#### DATA SUPPLIED ####
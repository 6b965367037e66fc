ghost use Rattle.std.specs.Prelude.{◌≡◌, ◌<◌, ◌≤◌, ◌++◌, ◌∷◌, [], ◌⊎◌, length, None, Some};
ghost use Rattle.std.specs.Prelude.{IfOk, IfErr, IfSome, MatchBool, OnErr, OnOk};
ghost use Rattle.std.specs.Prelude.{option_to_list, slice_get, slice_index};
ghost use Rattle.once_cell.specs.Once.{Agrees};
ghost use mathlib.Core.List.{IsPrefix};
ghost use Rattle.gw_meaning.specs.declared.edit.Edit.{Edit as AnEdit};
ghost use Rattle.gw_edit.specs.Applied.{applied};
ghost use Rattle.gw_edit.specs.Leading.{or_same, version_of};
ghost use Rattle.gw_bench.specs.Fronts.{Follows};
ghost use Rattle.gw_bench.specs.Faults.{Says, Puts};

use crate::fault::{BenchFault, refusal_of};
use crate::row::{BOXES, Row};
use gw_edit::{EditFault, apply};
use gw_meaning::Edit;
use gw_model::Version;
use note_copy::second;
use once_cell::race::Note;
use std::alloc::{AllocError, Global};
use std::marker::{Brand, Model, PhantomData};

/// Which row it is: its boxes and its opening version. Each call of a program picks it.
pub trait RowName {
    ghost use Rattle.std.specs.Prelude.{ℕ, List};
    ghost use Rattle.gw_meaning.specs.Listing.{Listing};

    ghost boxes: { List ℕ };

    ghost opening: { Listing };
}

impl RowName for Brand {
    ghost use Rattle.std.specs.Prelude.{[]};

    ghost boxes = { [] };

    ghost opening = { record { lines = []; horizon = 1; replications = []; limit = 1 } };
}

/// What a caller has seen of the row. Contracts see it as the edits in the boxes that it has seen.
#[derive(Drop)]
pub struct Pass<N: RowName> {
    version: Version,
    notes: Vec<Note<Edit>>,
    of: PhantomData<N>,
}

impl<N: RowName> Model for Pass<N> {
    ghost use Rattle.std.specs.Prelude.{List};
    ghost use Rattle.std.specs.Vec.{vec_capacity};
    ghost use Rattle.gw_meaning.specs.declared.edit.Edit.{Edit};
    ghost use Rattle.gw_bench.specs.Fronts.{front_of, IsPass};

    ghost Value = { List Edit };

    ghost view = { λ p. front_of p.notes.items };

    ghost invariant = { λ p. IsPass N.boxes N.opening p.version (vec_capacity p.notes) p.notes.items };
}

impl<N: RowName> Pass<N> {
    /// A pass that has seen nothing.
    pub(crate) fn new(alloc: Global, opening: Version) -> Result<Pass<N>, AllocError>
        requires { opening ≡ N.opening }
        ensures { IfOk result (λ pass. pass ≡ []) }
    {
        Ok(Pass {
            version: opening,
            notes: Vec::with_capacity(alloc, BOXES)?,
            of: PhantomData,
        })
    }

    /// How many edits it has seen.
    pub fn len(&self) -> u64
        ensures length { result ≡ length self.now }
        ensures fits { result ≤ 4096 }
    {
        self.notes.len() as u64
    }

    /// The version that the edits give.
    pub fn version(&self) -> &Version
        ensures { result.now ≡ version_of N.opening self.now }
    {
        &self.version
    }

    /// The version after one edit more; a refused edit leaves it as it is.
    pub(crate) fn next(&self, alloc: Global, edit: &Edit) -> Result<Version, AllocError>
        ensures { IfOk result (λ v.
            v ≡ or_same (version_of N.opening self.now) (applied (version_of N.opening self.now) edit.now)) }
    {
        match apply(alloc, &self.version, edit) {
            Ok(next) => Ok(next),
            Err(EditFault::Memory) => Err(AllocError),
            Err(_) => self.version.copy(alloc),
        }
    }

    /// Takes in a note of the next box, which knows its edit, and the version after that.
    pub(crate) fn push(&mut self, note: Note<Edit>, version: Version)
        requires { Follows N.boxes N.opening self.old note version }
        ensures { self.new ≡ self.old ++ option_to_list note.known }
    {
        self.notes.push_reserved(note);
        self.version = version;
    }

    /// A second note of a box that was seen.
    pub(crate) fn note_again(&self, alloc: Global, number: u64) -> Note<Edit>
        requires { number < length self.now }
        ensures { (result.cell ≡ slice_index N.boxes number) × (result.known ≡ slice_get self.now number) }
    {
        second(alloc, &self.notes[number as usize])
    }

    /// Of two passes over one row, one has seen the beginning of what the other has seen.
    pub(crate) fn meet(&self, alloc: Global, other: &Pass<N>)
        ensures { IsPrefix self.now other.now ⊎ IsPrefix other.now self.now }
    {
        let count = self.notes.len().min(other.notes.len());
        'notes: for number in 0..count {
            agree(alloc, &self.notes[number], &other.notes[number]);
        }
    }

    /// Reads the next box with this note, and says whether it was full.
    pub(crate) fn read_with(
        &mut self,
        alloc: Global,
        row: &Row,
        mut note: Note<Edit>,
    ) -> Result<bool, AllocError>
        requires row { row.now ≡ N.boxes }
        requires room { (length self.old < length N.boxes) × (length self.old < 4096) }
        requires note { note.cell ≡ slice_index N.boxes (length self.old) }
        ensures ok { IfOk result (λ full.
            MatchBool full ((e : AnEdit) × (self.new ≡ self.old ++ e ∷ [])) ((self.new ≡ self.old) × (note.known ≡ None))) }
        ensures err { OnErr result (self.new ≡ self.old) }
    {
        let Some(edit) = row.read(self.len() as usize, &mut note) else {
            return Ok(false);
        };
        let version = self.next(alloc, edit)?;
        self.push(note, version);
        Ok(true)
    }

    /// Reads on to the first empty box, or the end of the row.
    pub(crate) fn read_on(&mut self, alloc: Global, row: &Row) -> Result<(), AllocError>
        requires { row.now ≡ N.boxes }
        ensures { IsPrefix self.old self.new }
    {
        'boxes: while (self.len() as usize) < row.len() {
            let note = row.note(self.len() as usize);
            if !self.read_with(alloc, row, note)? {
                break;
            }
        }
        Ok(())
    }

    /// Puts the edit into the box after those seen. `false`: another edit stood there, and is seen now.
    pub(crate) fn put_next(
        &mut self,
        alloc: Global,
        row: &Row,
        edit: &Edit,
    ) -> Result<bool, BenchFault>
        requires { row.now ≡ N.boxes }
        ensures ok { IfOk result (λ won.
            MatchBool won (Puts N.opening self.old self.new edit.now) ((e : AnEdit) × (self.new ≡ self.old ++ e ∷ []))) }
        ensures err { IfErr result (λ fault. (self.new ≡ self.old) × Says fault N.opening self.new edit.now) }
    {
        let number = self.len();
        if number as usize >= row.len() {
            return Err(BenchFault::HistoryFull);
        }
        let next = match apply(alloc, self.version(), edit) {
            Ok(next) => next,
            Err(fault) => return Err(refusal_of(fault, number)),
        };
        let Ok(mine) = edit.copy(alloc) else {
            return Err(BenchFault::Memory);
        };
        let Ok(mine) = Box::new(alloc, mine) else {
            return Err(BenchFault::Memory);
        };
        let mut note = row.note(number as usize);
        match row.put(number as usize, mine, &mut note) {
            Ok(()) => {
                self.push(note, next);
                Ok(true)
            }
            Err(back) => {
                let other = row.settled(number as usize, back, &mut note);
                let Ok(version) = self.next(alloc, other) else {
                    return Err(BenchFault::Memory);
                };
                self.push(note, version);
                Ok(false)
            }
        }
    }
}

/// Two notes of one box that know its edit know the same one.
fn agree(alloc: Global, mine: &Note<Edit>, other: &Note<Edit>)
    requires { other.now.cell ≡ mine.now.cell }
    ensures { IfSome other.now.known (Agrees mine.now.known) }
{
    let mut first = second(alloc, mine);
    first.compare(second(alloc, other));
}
####
▸ DIRECTIONS: Using the entries above, return each line that includes the word "MatchBool".

▸ EXPECTED OUTPUT:
ghost use Rattle.std.specs.Prelude.{IfOk, IfErr, IfSome, MatchBool, OnErr, OnOk};
            MatchBool full ((e : AnEdit) × (self.new ≡ self.old ++ e ∷ [])) ((self.new ≡ self.old) × (note.known ≡ None))) }
            MatchBool won (Puts N.opening self.old self.new edit.now) ((e : AnEdit) × (self.new ≡ self.old ++ e ∷ []))) }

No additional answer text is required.